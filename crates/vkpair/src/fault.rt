//! Why the program ends early.

use thiserror::Error;

#[derive(Clone, Copy, Debug, PartialEq, Eq, Error)]
pub enum Fault {
    #[error("out of memory")]
    NoMemory,
    #[error("no such process")]
    NoProcess,
    #[error("a station has had all its events")]
    Spent,
    #[error("a frame is too long")]
    TooLong,
    #[error("the server received nothing")]
    NotReceived,
    #[error("the client was not replied")]
    NotReplied,
    #[error("writing failed")]
    Output,
}
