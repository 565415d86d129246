//! Two stations that hand each other their frames.

ghost use Rattle.std.specs.Prelude.{◌≡◌, ◌≢◌, ◌<◌, [], IfOk};
ghost use Rattle.vk_host.specs.Standing.{StandsAt};
ghost use Rattle.vkpair.specs.Pairs.{HasCollected, HasHandedOver, HasMade};

use crate::fault::Fault;
use crate::wire::Wire;
use std::alloc::Global;
use vk_base::limits::STATION_EVENTS;
use vk_base::{Config, Pid};
use vk_brief::{BriefCall, CallView};
use vk_host::{Host, Response};

/// Frames that are handed over behind one call, at most.
const MOST: u32 = 1_000_000;

/// A station, and the frames on their way to it.
#[derive(Drop)]
pub struct Side {
    pub host: Host,
    pub wire: Wire,
}

/// Two stations, and the frames between them.
#[derive(Drop)]
pub struct Pair {
    one: Side,
    two: Side,
}

fn side_of(alloc: Global, config: &Config, host: u16) -> Result<Side, Fault>
    requires some { 0 < host }
    requires one { host < 65535 }
    ensures stands { IfOk result (λ s. StandsAt config.now [] s.host) }
    ensures wire { IfOk result (λ s. s.wire.frames ≡ []) }
{
    match Host::new(alloc, config, host) {
        Ok(host) => Ok(Side {
            host,
            wire: Wire::new(alloc),
        }),
        Err(_) => Err(Fault::NoMemory),
    }
}

impl Side {
    /// The event that the process makes the call. Its frames go onto the wire to the other station.
    pub fn call(&mut self, pid: Pid, call: &CallView, to: &mut Wire) -> Result<Response, Fault>
        ensures made { IfOk result (HasMade pid call.now self.old.host self.new.host to.old.frames to.new.frames) }
        ensures wire { self.new.wire ≡ self.old.wire }
    {
        if !self.host.has(pid) {
            return Err(Fault::NoProcess);
        }
        if self.host.events() >= STATION_EVENTS {
            return Err(Fault::Spent);
        }
        let mut response = Response::Begun;
        self.host.call(pid, call, &mut response);
        to.take(&self.host)?;
        Ok(response)
    }

    /// Hands over the oldest frame that is on its way to this station, if there is one: whether there was. What the station sends then goes
    /// onto the wire to the other one.
    pub fn hand_over(&mut self, to: &mut Wire) -> Result<bool, Fault>
        ensures { IfOk result
            (HasHandedOver self.old.wire.frames self.new.wire.frames self.old.host self.new.host to.old.frames to.new.frames) }
    {
        let Some(frame) = self.wire.next() else {
            return Ok(false);
        };
        if self.host.events() >= STATION_EVENTS {
            return Err(Fault::Spent);
        }
        let mut response = Response::Begun;
        self.host.deliver(frame.as_slice(), &mut response);
        to.take(&self.host)?;
        Ok(true)
    }

    /// The event that the process collects its answer. It sends no frame.
    pub fn collect(&mut self, pid: Pid) -> Result<Response, Fault>
        ensures collected { IfOk result (HasCollected pid self.old.host self.new.host) }
        ensures wire { self.new.wire ≡ self.old.wire }
    {
        if !self.host.has(pid) {
            return Err(Fault::NoProcess);
        }
        if self.host.events() >= STATION_EVENTS {
            return Err(Fault::Spent);
        }
        let mut response = Response::Begun;
        self.host.collect(pid, &mut response);
        Ok(response)
    }
}

impl Pair {
    /// The stations 1 and 2 of this configuration, before their first events.
    ///
    /// # Errors
    ///
    /// [`Fault::NoMemory`] where memory is wanting.
    pub fn new(alloc: Global, config: &Config) -> Result<Self, Fault>
        ensures one { IfOk result (λ p. StandsAt config.now [] p.one.host) }
        ensures two { IfOk result (λ p. StandsAt config.now [] p.two.host) }
    {
        Ok(Pair {
            one: side_of(alloc, config, 1)?,
            two: side_of(alloc, config, 2)?,
        })
    }

    /// Hands over frames until none is on its way.
    fn settle(&mut self) -> Result<(), Fault>
        ensures one { IfOk result (λ _. self.new.one.wire.frames ≡ []) }
        ensures two { IfOk result (λ _. self.new.two.wire.frames ≡ []) }
    {
        for _ in 0..MOST {
            let went = self.one.hand_over(&mut self.two.wire)?;
            let came = self.two.hand_over(&mut self.one.wire)?;
            if !went && !came {
                return Ok(());
            }
        }
        Err(Fault::Spent)
    }

    /// A process makes a call at its station, and all frames that this gives are handed over, until none is on its way.
    pub fn call(&mut self, pid: Pid, call: &BriefCall) -> Result<Response, Fault>
        ensures one { IfOk result (λ _. self.new.one.wire.frames ≡ []) }
        ensures two { IfOk result (λ _. self.new.two.wire.frames ≡ []) }
    {
        let view = CallView::new(call, &[]);
        let response = if pid.host == 1 {
            self.one.call(pid, &view, &mut self.two.wire)?
        } else {
            self.two.call(pid, &view, &mut self.one.wire)?
        };
        self.settle()?;
        Ok(response)
    }

    /// The answer to the process's last call, which it collects at its station.
    pub fn collect(&mut self, pid: Pid) -> Result<Response, Fault>
        ensures one { pid.host ≡ 1 → IfOk result (HasCollected pid self.old.one.host self.new.one.host) }
        ensures two { pid.host ≢ 1 → IfOk result (HasCollected pid self.old.two.host self.new.two.host) }
        ensures wires { self.new.one.wire ≡ self.old.one.wire × self.new.two.wire ≡ self.old.two.wire }
    {
        if pid.host == 1 {
            self.one.collect(pid)
        } else {
            self.two.collect(pid)
        }
    }
}
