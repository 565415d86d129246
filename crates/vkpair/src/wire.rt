//! Frames on their way to one station.

ghost use Rattle.std.specs.Prelude.{◌≡◌, ◌++◌, [], None, IfOk};
ghost use Rattle.std.specs.Option.{option_to_list};

use crate::fault::Fault;
use std::alloc::Global;
use std::collections::LinkedList;
use vk_base::FrameBytes;
use vk_host::Host;

/// Frames on their way to one station, the oldest first.
#[derive(Drop)]
pub struct Wire {
    frames: LinkedList<FrameBytes>,
}

impl Wire {
    /// A wire without frames.
    pub fn new(alloc: Global) -> Self
        ensures { result.frames ≡ [] }
    {
        Wire {
            frames: LinkedList::new(alloc),
        }
    }

    /// Takes the frames of the station's last event, behind those that it has.
    ///
    /// # Errors
    ///
    /// [`Fault::NoMemory`] where memory is wanting; then it has taken some of them.
    #[tactic(auto, using(crate::proofs::Loops::one_more))]
    pub fn take(&mut self, host: &Host) -> Result<(), Fault>
        ensures { IfOk result (λ _. self.new.frames ≡ self.old.frames ++ host.now.frames) }
    {
        for at in 0..host.frame_count() {
            let Some(frame) = FrameBytes::new(host.frame(at)) else {
                return Err(Fault::TooLong);
            };
            if self.frames.push_back(frame).is_err() {
                return Err(Fault::NoMemory);
            }
        }
        Ok(())
    }

    /// The oldest frame, which is taken off the wire.
    pub fn next(&mut self) -> Option<FrameBytes>
        ensures frames { self.old.frames ≡ option_to_list result ++ self.new.frames }
        ensures none { result ≡ None → self.old.frames ≡ [] }
    {
        self.frames.pop_front()
    }
}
----------------------------------------
* **Description of the task**: Exactly as they stand, repeat all the records.

* **Result of the exercise**:
filename crates/vkpair/src/fault.rt
//! Why the program ends early.

use thiserror::Error;

#[derive(Clone, Copy, Debug, PartialEq, Eq, Error)]
pub enum Fault {
    #[error("out of memory")]
    NoMemory,
    #[error("no such process")]
    NoProcess,
    #[error("a station has had all its events")]
    Spent,
    #[error("a frame is too long")]
    TooLong,
    #[error("the server received nothing")]
    NotReceived,
    #[error("the client was not replied")]
    NotReplied,
    #[error("writing failed")]
    Output,
}
repository 565415d86d129246
//! Two stations that hand each other their frames.

ghost use Rattle.std.specs.Prelude.{◌≡◌, ◌≢◌, ◌<◌, [], IfOk};
ghost use Rattle.vk_host.specs.Standing.{StandsAt};
ghost use Rattle.vkpair.specs.Pairs.{HasCollected, HasHandedOver, HasMade};

use crate::fault::Fault;
use crate::wire::Wire;
use std::alloc::Global;
use vk_base::limits::STATION_EVENTS;
use vk_base::{Config, Pid};
use vk_brief::{BriefCall, CallView};
use vk_host::{Host, Response};

/// Frames that are handed over behind one call, at most.
const MOST: u32 = 1_000_000;

/// A station, and the frames on their way to it.
#[derive(Drop)]
pub struct Side {
    pub host: Host,
    pub wire: Wire,
}

/// Two stations, and the frames between them.
#[derive(Drop)]
pub struct Pair {
    one: Side,
    two: Side,
}

fn side_of(alloc: Global, config: &Config, host: u16) -> Result<Side, Fault>
    requires some { 0 < host }
    requires one { host < 65535 }
    ensures stands { IfOk result (λ s. StandsAt config.now [] s.host) }
    ensures wire { IfOk result (λ s. s.wire.frames ≡ []) }
{
    match Host::new(alloc, config, host) {
        Ok(host) => Ok(Side {
            host,
            wire: Wire::new(alloc),
        }),
        Err(_) => Err(Fault::NoMemory),
    }
}

impl Side {
    /// The event that the process makes the call. Its frames go onto the wire to the other station.
    pub fn call(&mut self, pid: Pid, call: &CallView, to: &mut Wire) -> Result<Response, Fault>
        ensures made { IfOk result (HasMade pid call.now self.old.host self.new.host to.old.frames to.new.frames) }
        ensures wire { self.new.wire ≡ self.old.wire }
    {
        if !self.host.has(pid) {
            return Err(Fault::NoProcess);
        }
        if self.host.events() >= STATION_EVENTS {
            return Err(Fault::Spent);
        }
        let mut response = Response::Begun;
        self.host.call(pid, call, &mut response);
        to.take(&self.host)?;
        Ok(response)
    }

    /// Hands over the oldest frame that is on its way to this station, if there is one: whether there was. What the station sends then goes
    /// onto the wire to the other one.
    pub fn hand_over(&mut self, to: &mut Wire) -> Result<bool, Fault>
        ensures { IfOk result
            (HasHandedOver self.old.wire.frames self.new.wire.frames self.old.host self.new.host to.old.frames to.new.frames) }
    {
        let Some(frame) = self.wire.next() else {
            return Ok(false);
        };
        if self.host.events() >= STATION_EVENTS {
            return Err(Fault::Spent);
        }
        let mut response = Response::Begun;
        self.host.deliver(frame.as_slice(), &mut response);
        to.take(&self.host)?;
        Ok(true)
    }

    /// The event that the process collects its answer. It sends no frame.
    pub fn collect(&mut self, pid: Pid) -> Result<Response, Fault>
        ensures collected { IfOk result (HasCollected pid self.old.host self.new.host) }
        ensures wire { self.new.wire ≡ self.old.wire }
    {
        if !self.host.has(pid) {
            return Err(Fault::NoProcess);
        }
        if self.host.events() >= STATION_EVENTS {
            return Err(Fault::Spent);
        }
        let mut response = Response::Begun;
        self.host.collect(pid, &mut response);
        Ok(response)
    }
}

impl Pair {
    /// The stations 1 and 2 of this configuration, before their first events.
    ///
    /// # Errors
    ///
    /// [`Fault::NoMemory`] where memory is wanting.
    pub fn new(alloc: Global, config: &Config) -> Result<Self, Fault>
        ensures one { IfOk result (λ p. StandsAt config.now [] p.one.host) }
        ensures two { IfOk result (λ p. StandsAt config.now [] p.two.host) }
    {
        Ok(Pair {
            one: side_of(alloc, config, 1)?,
            two: side_of(alloc, config, 2)?,
        })
    }

    /// Hands over frames until none is on its way.
    fn settle(&mut self) -> Result<(), Fault>
        ensures one { IfOk result (λ _. self.new.one.wire.frames ≡ []) }
        ensures two { IfOk result (λ _. self.new.two.wire.frames ≡ []) }
    {
        for _ in 0..MOST {
            let went = self.one.hand_over(&mut self.two.wire)?;
            let came = self.two.hand_over(&mut self.one.wire)?;
            if !went && !came {
                return Ok(());
            }
        }
        Err(Fault::Spent)
    }

    /// A process makes a call at its station, and all frames that this gives are handed over, until none is on its way.
    pub fn call(&mut self, pid: Pid, call: &BriefCall) -> Result<Response, Fault>
        ensures one { IfOk result (λ _. self.new.one.wire.frames ≡ []) }
        ensures two { IfOk result (λ _. self.new.two.wire.frames ≡ []) }
    {
        let view = CallView::new(call, &[]);
        let response = if pid.host == 1 {
            self.one.call(pid, &view, &mut self.two.wire)?
        } else {
            self.two.call(pid, &view, &mut self.one.wire)?
        };
        self.settle()?;
        Ok(response)
    }

    /// The answer to the process's last call, which it collects at its station.
    pub fn collect(&mut self, pid: Pid) -> Result<Response, Fault>
        ensures one { pid.host ≡ 1 → IfOk result (HasCollected pid self.old.one.host self.new.one.host) }
        ensures two { pid.host ≢ 1 → IfOk result (HasCollected pid self.old.two.host self.new.two.host) }
        ensures wires { self.new.one.wire ≡ self.old.one.wire × self.new.two.wire ≡ self.old.two.wire }
    {
        if pid.host == 1 {
            self.one.collect(pid)
        } else {
            self.two.collect(pid)
        }
    }
}
repository 565415d86d129246
filename crates/vkpair/src/wire.rt
//! Frames on their way to one station.

ghost use Rattle.std.specs.Prelude.{◌≡◌, ◌++◌, [], None, IfOk};
ghost use Rattle.std.specs.Option.{option_to_list};

use crate::fault::Fault;
use std::alloc::Global;
use std::collections::LinkedList;
use vk_base::FrameBytes;
use vk_host::Host;

/// Frames on their way to one station, the oldest first.
#[derive(Drop)]
pub struct Wire {
    frames: LinkedList<FrameBytes>,
}

impl Wire {
    /// A wire without frames.
    pub fn new(alloc: Global) -> Self
        ensures { result.frames ≡ [] }
    {
        Wire {
            frames: LinkedList::new(alloc),
        }
    }

    /// Takes the frames of the station's last event, behind those that it has.
    ///
    /// # Errors
    ///
    /// [`Fault::NoMemory`] where memory is wanting; then it has taken some of them.
    #[tactic(auto, using(crate::proofs::Loops::one_more))]
    pub fn take(&mut self, host: &Host) -> Result<(), Fault>
        ensures { IfOk result (λ _. self.new.frames ≡ self.old.frames ++ host.now.frames) }
    {
        for at in 0..host.frame_count() {
            let Some(frame) = FrameBytes::new(host.frame(at)) else {
                return Err(Fault::TooLong);
            };
            if self.frames.push_back(frame).is_err() {
                return Err(Fault::NoMemory);
            }
        }
        Ok(())
    }

    /// The oldest frame, which is taken off the wire.
    pub fn next(&mut self) -> Option<FrameBytes>
        ensures frames { self.old.frames ≡ option_to_list result ++ self.new.frames }
        ensures none { result ≡ None → self.old.frames ≡ [] }
    {
        self.frames.pop_front()
    }
}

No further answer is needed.